## Data supplied:
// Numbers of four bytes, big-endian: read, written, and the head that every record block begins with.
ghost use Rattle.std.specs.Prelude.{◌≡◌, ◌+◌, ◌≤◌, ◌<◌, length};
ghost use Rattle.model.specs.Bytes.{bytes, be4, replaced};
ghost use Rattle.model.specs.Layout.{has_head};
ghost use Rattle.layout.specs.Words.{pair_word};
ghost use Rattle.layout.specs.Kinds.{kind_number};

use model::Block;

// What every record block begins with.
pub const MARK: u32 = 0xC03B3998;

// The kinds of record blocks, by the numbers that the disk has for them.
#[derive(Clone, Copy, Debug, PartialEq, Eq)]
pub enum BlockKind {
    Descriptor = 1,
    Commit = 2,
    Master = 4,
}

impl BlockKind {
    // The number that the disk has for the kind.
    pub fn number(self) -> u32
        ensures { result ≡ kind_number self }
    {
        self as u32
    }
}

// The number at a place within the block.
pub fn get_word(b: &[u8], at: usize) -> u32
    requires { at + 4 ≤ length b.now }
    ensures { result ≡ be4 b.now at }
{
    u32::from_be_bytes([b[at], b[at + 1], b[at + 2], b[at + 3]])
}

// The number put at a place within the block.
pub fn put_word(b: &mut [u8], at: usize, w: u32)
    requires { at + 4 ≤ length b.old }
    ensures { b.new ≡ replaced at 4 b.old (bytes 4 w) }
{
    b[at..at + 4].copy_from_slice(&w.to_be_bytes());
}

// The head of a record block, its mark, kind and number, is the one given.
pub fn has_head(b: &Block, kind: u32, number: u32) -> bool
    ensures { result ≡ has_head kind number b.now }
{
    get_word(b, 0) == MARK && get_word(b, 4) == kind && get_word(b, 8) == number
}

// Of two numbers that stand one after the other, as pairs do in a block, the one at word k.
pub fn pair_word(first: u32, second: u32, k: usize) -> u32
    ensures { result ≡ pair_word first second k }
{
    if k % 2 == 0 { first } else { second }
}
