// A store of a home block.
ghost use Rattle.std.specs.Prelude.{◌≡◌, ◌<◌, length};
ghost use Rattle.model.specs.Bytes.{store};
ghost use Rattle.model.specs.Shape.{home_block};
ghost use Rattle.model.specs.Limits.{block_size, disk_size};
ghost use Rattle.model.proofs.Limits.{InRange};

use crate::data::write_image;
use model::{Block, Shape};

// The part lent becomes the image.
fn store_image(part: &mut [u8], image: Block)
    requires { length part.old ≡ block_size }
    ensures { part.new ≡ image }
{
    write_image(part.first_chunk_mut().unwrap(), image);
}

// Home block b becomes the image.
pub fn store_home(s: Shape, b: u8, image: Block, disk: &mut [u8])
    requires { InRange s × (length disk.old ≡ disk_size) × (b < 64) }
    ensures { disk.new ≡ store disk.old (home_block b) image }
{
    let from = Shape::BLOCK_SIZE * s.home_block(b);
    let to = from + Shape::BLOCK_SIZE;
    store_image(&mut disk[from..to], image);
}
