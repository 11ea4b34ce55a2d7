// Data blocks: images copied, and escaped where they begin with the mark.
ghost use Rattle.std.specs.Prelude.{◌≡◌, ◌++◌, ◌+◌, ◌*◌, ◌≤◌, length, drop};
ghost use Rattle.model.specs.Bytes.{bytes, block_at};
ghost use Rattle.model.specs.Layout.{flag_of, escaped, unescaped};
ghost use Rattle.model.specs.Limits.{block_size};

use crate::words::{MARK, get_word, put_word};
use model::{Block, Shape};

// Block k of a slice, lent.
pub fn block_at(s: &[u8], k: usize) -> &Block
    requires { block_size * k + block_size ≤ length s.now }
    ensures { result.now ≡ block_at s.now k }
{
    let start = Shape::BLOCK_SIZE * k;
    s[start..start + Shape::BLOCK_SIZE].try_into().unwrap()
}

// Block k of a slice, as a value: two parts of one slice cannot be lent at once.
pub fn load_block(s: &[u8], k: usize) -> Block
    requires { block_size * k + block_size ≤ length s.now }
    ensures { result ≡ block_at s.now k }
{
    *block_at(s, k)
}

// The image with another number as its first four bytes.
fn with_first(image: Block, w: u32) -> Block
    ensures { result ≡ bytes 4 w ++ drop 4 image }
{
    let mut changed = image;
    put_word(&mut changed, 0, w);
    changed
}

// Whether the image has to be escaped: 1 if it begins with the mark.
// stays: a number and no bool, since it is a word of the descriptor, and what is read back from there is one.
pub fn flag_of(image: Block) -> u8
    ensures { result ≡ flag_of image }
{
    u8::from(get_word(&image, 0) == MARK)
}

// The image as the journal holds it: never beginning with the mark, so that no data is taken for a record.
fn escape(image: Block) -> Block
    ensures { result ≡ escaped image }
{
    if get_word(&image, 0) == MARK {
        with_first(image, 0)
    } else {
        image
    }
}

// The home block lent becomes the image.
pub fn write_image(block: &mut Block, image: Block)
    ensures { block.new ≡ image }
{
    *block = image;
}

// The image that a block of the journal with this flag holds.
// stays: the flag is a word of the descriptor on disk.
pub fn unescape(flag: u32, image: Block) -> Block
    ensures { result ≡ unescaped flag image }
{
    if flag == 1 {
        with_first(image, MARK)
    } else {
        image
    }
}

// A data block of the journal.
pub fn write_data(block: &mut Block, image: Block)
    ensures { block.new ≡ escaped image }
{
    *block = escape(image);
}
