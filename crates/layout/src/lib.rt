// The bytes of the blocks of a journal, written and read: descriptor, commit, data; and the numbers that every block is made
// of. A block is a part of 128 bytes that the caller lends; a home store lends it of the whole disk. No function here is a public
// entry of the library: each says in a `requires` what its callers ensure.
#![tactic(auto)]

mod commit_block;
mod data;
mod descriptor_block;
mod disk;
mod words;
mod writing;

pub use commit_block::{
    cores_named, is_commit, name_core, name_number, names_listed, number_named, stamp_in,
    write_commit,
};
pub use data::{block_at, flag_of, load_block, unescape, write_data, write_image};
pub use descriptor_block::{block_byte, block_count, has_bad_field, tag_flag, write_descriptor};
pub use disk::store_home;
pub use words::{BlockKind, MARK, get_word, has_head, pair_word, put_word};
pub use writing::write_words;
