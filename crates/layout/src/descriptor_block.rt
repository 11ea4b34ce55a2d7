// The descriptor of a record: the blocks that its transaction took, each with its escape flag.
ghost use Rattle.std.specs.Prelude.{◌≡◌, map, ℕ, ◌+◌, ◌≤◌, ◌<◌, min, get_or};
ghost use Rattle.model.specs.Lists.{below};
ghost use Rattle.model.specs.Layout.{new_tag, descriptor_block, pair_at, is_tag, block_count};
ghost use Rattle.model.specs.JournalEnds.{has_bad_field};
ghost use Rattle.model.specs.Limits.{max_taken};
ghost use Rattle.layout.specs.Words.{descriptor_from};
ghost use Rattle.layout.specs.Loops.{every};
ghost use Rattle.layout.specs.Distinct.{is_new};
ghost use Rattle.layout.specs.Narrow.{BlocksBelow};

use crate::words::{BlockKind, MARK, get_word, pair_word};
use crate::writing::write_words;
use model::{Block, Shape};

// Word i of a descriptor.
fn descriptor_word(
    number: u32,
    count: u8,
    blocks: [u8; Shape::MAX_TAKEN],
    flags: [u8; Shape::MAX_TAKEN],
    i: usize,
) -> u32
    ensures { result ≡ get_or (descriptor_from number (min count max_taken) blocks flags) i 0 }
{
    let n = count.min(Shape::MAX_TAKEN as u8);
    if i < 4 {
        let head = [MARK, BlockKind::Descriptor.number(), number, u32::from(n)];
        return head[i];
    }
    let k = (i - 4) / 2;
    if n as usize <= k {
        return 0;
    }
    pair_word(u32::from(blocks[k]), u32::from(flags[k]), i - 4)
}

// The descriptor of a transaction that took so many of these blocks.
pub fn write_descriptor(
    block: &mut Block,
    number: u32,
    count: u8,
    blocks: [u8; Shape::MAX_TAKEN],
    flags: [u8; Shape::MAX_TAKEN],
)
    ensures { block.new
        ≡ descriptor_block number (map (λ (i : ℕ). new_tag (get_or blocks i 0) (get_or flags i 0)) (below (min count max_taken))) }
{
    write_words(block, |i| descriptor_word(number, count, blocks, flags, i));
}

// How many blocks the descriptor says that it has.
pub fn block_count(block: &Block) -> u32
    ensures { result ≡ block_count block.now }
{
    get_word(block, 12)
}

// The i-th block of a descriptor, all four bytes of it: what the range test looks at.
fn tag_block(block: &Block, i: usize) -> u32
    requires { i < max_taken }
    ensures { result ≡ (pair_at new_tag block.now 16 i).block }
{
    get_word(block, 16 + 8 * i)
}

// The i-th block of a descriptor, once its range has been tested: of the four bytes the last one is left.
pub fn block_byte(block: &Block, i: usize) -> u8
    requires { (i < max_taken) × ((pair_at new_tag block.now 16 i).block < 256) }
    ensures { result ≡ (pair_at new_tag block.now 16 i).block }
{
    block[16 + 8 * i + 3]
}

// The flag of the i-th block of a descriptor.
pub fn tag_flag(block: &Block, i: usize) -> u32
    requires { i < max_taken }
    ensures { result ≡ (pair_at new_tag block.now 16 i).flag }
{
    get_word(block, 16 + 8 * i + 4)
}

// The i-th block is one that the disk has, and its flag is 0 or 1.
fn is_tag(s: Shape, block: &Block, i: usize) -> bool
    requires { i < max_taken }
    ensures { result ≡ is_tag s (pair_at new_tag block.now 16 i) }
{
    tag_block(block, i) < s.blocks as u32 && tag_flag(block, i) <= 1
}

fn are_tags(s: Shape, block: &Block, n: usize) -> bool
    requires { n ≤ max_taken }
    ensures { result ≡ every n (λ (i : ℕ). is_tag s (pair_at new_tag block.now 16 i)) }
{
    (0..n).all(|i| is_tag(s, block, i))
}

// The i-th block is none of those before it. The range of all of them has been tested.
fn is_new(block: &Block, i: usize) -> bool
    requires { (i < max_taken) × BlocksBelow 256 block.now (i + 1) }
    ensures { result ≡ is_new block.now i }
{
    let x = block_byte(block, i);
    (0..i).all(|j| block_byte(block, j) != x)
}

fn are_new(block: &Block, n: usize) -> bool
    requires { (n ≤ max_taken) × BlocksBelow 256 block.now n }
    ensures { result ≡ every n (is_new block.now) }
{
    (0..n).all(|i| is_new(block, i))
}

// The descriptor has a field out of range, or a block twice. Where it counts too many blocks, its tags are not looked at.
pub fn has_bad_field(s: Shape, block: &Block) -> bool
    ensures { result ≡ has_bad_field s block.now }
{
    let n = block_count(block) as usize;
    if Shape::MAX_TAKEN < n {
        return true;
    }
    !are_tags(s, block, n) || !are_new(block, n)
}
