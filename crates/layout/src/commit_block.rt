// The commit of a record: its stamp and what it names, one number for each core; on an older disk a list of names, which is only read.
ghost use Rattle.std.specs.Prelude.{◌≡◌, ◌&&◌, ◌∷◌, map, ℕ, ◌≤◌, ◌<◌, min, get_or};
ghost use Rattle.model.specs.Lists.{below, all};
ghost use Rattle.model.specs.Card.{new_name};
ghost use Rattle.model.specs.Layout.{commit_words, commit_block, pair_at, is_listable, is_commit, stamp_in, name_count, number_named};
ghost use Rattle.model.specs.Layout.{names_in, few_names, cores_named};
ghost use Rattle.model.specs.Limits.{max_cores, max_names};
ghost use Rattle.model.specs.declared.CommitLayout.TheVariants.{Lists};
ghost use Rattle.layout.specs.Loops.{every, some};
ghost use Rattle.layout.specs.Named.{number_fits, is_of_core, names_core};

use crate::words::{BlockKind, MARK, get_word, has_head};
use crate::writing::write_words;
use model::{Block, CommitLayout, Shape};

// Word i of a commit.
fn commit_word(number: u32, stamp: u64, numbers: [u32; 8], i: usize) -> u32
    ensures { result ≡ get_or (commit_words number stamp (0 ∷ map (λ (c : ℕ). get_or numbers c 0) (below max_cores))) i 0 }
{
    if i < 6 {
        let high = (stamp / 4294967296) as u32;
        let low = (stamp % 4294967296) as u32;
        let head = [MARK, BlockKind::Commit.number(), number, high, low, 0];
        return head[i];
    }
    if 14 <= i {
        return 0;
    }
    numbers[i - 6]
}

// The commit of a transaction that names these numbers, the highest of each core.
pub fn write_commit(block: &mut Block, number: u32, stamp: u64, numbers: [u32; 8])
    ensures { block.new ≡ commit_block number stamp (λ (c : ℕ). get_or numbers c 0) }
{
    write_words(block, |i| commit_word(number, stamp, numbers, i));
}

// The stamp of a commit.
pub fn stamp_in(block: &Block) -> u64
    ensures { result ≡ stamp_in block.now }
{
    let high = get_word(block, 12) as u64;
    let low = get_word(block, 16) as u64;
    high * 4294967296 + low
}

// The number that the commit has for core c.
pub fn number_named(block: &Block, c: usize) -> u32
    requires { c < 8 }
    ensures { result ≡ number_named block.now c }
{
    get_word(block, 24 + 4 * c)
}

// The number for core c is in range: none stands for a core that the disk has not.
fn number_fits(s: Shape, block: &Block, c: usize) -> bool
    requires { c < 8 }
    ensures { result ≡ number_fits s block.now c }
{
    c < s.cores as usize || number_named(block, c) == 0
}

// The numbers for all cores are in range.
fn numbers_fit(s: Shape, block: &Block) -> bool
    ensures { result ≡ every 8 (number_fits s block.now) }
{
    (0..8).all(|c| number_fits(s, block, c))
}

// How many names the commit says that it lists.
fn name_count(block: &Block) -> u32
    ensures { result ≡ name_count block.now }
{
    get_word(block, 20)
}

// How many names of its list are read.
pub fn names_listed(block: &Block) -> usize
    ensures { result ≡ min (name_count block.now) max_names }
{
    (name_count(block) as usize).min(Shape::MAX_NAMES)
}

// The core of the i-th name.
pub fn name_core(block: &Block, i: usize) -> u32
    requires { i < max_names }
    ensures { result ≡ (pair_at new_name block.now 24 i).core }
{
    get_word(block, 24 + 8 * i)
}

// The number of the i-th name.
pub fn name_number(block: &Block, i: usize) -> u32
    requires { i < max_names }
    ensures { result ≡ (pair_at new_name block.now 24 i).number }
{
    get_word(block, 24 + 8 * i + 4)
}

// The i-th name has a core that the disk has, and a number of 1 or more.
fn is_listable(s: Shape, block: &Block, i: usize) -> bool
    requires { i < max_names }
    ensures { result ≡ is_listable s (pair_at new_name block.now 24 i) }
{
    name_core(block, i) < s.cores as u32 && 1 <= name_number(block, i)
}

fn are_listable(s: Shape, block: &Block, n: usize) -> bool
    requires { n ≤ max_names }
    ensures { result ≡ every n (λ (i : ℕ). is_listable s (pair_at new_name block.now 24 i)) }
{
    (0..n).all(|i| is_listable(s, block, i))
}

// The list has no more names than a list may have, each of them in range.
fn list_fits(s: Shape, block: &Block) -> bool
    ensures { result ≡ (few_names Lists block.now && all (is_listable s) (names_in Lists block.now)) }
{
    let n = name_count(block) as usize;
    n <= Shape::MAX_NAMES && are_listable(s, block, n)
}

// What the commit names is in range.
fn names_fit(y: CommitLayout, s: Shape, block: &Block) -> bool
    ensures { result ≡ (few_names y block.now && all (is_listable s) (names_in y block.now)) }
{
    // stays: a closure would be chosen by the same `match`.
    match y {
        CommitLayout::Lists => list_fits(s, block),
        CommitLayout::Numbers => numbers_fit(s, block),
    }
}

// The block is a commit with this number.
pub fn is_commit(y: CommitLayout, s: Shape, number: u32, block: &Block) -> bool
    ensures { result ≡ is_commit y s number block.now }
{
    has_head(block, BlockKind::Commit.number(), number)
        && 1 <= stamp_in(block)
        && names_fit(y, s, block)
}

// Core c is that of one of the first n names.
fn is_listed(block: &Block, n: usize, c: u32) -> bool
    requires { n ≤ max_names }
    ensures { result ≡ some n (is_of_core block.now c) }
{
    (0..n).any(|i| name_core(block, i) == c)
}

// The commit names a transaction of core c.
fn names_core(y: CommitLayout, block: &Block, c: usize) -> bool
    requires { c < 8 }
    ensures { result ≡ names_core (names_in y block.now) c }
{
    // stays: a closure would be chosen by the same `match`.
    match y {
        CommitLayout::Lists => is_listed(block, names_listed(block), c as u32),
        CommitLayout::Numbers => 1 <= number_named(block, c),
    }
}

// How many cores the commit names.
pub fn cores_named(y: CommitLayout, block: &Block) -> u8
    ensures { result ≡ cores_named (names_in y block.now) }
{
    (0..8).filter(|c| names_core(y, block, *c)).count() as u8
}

## Problem description:
Output each line of the listing above that has "record".

## Output for this task:
// Numbers of four bytes, big-endian: read, written, and the head that every record block begins with.
// What every record block begins with.
// The kinds of record blocks, by the numbers that the disk has for them.
// The head of a record block, its mark, kind and number, is the one given.
// The image as the journal holds it: never beginning with the mark, so that no data is taken for a record.
// The descriptor of a record: the blocks that its transaction took, each with its escape flag.
// The commit of a record: its stamp and what it names, one number for each core; on an older disk a list of names, which is only read.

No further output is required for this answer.